(Stored dataset items)
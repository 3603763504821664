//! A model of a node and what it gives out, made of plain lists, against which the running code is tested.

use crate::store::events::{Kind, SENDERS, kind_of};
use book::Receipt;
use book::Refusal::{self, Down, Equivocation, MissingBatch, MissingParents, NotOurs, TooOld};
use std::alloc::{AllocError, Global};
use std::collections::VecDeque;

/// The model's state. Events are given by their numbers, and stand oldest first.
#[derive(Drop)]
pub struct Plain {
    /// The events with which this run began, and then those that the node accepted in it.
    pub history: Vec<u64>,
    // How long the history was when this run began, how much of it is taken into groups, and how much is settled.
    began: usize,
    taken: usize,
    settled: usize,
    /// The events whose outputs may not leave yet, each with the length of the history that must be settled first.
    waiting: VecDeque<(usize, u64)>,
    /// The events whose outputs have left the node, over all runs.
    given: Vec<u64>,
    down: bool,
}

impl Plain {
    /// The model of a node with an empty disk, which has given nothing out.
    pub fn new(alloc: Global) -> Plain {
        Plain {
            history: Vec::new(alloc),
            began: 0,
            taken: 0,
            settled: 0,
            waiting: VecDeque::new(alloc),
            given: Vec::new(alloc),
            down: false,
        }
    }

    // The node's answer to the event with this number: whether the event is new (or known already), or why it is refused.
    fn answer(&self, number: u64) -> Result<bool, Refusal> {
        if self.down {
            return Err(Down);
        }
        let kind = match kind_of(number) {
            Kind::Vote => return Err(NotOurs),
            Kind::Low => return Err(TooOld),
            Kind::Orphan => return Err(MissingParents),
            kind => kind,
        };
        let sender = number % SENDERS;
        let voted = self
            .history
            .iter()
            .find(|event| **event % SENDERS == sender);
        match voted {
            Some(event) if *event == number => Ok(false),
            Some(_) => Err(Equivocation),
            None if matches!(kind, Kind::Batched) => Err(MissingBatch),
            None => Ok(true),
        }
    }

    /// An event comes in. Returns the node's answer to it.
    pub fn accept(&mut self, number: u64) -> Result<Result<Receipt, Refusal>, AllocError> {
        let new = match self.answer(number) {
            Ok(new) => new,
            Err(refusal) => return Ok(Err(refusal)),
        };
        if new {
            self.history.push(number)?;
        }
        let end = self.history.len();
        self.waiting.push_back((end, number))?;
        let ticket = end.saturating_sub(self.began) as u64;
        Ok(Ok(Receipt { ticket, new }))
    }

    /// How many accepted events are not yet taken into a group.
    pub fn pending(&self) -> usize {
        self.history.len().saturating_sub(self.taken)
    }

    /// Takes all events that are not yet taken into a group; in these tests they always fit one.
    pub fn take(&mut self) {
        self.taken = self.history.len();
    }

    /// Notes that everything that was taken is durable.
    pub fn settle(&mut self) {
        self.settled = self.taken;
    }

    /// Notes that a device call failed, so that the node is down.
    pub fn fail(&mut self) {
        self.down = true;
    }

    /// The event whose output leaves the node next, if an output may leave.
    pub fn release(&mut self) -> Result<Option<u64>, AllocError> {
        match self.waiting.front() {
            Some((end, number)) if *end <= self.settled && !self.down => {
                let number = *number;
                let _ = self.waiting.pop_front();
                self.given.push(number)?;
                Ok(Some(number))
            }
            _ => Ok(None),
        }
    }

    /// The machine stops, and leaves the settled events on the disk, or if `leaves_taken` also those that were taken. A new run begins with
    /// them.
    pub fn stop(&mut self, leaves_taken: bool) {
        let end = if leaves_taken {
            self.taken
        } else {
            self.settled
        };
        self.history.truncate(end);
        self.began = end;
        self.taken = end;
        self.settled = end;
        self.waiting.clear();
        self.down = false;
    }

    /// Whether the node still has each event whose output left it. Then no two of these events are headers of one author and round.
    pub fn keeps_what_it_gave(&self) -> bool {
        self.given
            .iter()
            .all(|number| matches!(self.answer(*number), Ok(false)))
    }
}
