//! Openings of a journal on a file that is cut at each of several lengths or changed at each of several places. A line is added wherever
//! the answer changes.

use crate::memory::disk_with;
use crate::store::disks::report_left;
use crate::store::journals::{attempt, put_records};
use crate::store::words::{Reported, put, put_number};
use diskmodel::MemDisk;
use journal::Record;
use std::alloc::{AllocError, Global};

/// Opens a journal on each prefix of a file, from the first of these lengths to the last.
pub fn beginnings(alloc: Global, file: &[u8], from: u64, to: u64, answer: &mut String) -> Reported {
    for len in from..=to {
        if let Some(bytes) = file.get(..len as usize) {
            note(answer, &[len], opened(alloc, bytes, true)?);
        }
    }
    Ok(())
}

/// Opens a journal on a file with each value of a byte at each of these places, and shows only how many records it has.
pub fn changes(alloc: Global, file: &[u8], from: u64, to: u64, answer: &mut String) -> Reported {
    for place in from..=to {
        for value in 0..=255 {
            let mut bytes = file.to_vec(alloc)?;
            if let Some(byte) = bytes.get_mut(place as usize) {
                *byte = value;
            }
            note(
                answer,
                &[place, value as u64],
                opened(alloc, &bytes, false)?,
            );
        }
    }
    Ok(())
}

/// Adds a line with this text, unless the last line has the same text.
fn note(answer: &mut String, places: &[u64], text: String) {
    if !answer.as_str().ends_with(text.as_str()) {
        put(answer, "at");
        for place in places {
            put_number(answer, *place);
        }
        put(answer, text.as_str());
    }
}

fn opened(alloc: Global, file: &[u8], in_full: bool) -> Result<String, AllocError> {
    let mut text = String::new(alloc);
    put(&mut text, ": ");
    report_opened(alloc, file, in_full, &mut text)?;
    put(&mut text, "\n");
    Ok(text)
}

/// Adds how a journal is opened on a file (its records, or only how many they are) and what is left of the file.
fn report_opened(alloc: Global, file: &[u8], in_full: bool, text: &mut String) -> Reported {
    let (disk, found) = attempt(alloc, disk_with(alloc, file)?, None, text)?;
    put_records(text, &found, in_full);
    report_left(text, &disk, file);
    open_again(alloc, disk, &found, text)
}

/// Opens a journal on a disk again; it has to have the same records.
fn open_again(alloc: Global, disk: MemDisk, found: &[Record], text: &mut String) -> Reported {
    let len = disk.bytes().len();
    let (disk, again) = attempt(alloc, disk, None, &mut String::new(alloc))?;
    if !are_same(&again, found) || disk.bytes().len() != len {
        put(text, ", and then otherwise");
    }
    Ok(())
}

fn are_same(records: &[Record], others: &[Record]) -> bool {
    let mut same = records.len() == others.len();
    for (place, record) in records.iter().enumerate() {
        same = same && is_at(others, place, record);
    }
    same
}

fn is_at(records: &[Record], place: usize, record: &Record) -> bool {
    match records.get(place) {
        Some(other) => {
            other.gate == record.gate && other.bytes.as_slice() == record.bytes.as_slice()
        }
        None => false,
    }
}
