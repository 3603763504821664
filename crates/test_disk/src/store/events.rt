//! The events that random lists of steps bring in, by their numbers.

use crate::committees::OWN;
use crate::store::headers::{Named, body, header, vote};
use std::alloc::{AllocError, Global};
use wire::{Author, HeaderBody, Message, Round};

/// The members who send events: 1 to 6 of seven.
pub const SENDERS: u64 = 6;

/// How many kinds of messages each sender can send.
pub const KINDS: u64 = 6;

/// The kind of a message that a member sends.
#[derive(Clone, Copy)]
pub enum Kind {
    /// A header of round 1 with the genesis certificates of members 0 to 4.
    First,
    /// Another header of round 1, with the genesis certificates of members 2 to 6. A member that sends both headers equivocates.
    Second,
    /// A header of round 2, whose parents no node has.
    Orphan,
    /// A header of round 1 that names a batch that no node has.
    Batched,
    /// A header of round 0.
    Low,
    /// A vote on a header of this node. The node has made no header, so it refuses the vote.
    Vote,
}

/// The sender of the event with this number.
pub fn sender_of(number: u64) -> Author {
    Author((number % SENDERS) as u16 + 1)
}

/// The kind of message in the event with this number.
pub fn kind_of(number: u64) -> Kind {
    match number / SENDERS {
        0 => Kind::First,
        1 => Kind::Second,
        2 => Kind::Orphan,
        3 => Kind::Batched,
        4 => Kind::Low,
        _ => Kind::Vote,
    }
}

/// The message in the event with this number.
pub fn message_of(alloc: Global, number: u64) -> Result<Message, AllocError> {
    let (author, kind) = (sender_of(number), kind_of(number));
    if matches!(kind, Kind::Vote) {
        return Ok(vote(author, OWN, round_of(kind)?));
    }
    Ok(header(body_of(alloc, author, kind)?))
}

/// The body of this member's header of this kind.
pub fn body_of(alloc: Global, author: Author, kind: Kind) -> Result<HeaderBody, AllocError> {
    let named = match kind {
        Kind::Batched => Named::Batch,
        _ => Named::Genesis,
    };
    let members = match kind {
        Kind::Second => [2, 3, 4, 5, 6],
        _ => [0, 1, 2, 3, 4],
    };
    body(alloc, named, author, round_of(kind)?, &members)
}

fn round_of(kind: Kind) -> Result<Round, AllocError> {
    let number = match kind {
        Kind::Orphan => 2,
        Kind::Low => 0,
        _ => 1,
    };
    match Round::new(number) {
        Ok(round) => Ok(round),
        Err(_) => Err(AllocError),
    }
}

■ **What needs to be done**:
What lines in the entries above include the string "given"? Return each one.

■ **Result for this task**:
/// The model's state. Events are given by their numbers, and stand oldest first.
    given: Vec<u64>,
    /// The model of a node with an empty disk, which has given nothing out.
            given: Vec::new(alloc),
                self.given.push(number)?;
        self.given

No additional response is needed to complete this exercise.